Когда я только появился в этом «орущем ужасе», Лилия Александровна была замом Яроцкого. И, подменяя его, приходила на работу не к пяти утра, а к восьми, и ничего не правила. Ознакомившись с материалами, она просто ставила визу. Все это происходило при абсолютной тишине. Потом она уехала с мужем в Грецию, где он, будучи на дипломатической работе, неожиданно скончался.
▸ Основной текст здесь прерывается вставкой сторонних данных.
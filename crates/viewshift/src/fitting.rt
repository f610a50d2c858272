//! Whether a phase may stand where it stands.

ghost use Rattle.std.specs.Prelude.{◌≡◌, ℕ, ◌+◌, ◌*◌, ◌-◌, ◌<◌, ◌≤◌, ◌↔◌, List, true, false, length, get_or, map};
ghost use Rattle.algebra61.specs.Field.{Fp};
ghost use Rattle.talk.specs.Sync.{has};
ghost use Rattle.plays.specs.Law.{FewDown};
ghost use Rattle.plays.specs.Said.{places};
ghost use Rattle.histories61.specs.Phases.{Created, FirstFits, MoveFits, NextFits, RefreshFits, Within, receivers_down};
ghost use Rattle.playback.specs.Recorded.{kind_of, play_of, up_to};
ghost use Rattle.playback.specs.Kept.{IsKept};
ghost use Rattle.playback.specs.Shares.{shares_by};
ghost use Rattle.viewshift.specs.Constants.{ConstantsFit, LanesFit, share_in};

use crate::masks::{count_in, is_within};
use field61::Fe;
use playback::{Phase, PhaseKind};
use sizes::LANES;
use talk::{Setting, in_mask};

// Whether two settings are the same.
fn is_same(one: &Setting, other: &Setting) -> bool
    ensures { (result ≡ true) ↔ (one.now ≡ other.now) }
{
    one.receivers() == other.receivers()
        && one.bound() == other.bound()
        && one.degree() == other.degree()
        && one.dealers() == other.dealers()
        && one.shift() == other.shift()
        && one.checks() == other.checks()
}

// Whether at most the bound of the receivers is down.
fn few_down(phase: &Phase) -> bool
    ensures { (result ≡ true) ↔ FewDown (play_of phase.now) }
{
    let setting = &phase.setting;
    count_in(phase.down, setting.shift(), setting.receivers()) <= setting.bound()
}

// Whether who was down of the receivers before is down as a member now.
fn stays(old: &Phase, phase: &Phase) -> bool
    ensures { (result ≡ true) ↔ Within old.now.setting.receivers (receivers_down (play_of old.now)) (has phase.now.down) }
{
    is_within(
        old.setting.receivers(),
        old.down,
        old.setting.shift(),
        phase.down,
    )
}

// Whether the phase may be the first.
pub(crate) fn first_fits(phase: &Phase) -> bool
    requires { IsKept phase.now }
    ensures { (result ≡ true) ↔ FirstFits (kind_of phase.now.kind) (play_of phase.now) }
{
    match phase.kind {
        PhaseKind::Create => create_fits(phase),
        PhaseKind::Refresh => false,
        PhaseKind::Move => false,
    }
}

// Whether a create has its setting, and few enough are down.
fn create_fits(phase: &Phase) -> bool
    requires { IsKept phase.now }
    ensures { (result ≡ true) ↔ FirstFits Created (play_of phase.now) }
{
    let members = phase.setting.receivers();
    let bound = phase.setting.bound();
    let setting = Setting::create(members, bound);
    if !is_same(&phase.setting, &setting) {
        return false;
    }
    few_down(phase)
}

// Whether a phase may follow another that left these shares, by index.
pub(crate) fn next_fits(old: &Phase, phase: &Phase, shares: &[Option<[Fe; 5]>]) -> bool
    requires kept { IsKept phase.now }
    requires all { length shares.now ≡ old.now.setting.receivers }
    ensures { (share : ℕ → ℕ → Fp) → shares.now ≡ shares_by (play_of old.now) share
        → (result ≡ true) ↔ NextFits (kind_of phase.now.kind) (play_of old.now) (play_of phase.now) share }
{
    match phase.kind {
        PhaseKind::Create => false,
        PhaseKind::Refresh => refresh_fits(old, phase),
        PhaseKind::Move => move_fits(old, phase, shares),
    }
}

// Whether a refresh may follow another phase.
fn refresh_fits(old: &Phase, phase: &Phase) -> bool
    requires { IsKept phase.now }
    ensures { (result ≡ true) ↔ RefreshFits (play_of old.now) (play_of phase.now) }
{
    let members = old.setting.receivers();
    let bound = old.setting.bound();
    let setting = Setting::refresh(members, bound);
    if !is_same(&phase.setting, &setting) {
        return false;
    }
    if !few_down(phase) {
        return false;
    }
    stays(old, phase)
}

// Whether a move may follow another phase that left these shares.
fn move_fits(old: &Phase, phase: &Phase, shares: &[Option<[Fe; 5]>]) -> bool
    requires kept { IsKept phase.now }
    requires all { length shares.now ≡ old.now.setting.receivers }
    ensures { (share : ℕ → ℕ → Fp) → shares.now ≡ shares_by (play_of old.now) share
        → (result ≡ true) ↔ MoveFits (play_of old.now) (play_of phase.now) share }
{
    let members = old.setting.receivers();
    let bound = old.setting.bound();
    let receivers = phase.setting.receivers();
    let new_bound = phase.setting.bound();
    let setting = Setting::moving(members, bound, receivers, new_bound);
    if !is_same(&phase.setting, &setting) {
        return false;
    }
    if count_in(phase.down, 0, members) > bound {
        return false;
    }
    if !few_down(phase) {
        return false;
    }
    if !stays(old, phase) {
        return false;
    }
    constants_fit(phase, shares)
}

// Whether the grids of each dealer that isn't down have its shares as constants.
fn constants_fit(phase: &Phase, shares: &[Option<[Fe; 5]>]) -> bool
    requires kept { IsKept phase.now }
    requires all { length shares.now ≡ phase.now.setting.dealers }
    ensures { (result ≡ true) ↔ ConstantsFit (play_of phase.now) shares.now }
{
    for dealer in 1..phase.setting.dealers() + 1 {
        if !in_mask(phase.down, dealer) && !lanes_fit(phase, dealer, &shares[dealer as usize - 1]) {
            return false;
        }
    }
    true
}

// Whether the grids of a dealer have these shares as constants.
fn lanes_fit(phase: &Phase, dealer: u32, shares: &Option<[Fe; 5]>) -> bool
    requires kept { IsKept phase.now }
    requires dealer { (1 ≤ dealer) × (dealer ≤ phase.now.setting.dealers) }
    requires up { has phase.now.down dealer ≡ false }
    ensures { (result ≡ true) ↔ LanesFit (play_of phase.now) dealer 5 shares.now }
{
    for lane in 0..LANES {
        let constant = phase.grid(dealer, lane).at(Fe::ZERO, Fe::ZERO);
        if constant != share_in(shares, lane) {
            return false;
        }
    }
    true
}

// The share of a lane; 0 where there are none.
fn share_in(shares: &Option<[Fe; 5]>, lane: u32) -> Fe
    requires { lane < 5 }
    ensures { result ≡ share_in shares.now lane }
{
    match shares {
        Some(values) => values[lane as usize],
        None => Fe::ZERO,
    }
}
Вернувшись, Хаткевич пошла в заместители к демократичному Александру Сергеевичу Плевако.
При разговоре Лилия Александровна сразу же спросила:
– Яроцкий достал?
Отпираться было бесполезно и неразумно. Она являлась известным его недоброжелателем. Подсознательный расчет действовал во мне, видимо, в автоматическом режиме.
– У Плевако сейчас мест нет.
Александр Сергеевич, который стал впоследствии, на старости лет, Верещагиным (по фамилии деда-художника), а затем Плевако-Верещагиным или наоборот, возглавлял тогда огромную информационную службу Иновещания, куда уже перекочевали некоторые мои сослуживцы из нашей редакции.
– У Плевако мест нет, – размышляла вслух Хаткевич, – но есть Каплан.
– Какой Каплан?
– Борис...
Я вошел в огромный кабинет главного редактора литературно-драматического вещания Центрального телевидения. В «Останкино» помещения были много просторнее, чем у нас, на Пятницкой. Но они казались какими-то нежилыми, недостроенными. В этом была доля правды, поскольку новый телевизионно-радийный комплекс, который начали возводить в начале 60-х годов, едва-едва успели привести в некоторый порядок только к Олимпиаде. Дорогой персидский ковер прикрывал голый бетонный пол, но кое-где этот предательский серый бетон из-под него выглядывал.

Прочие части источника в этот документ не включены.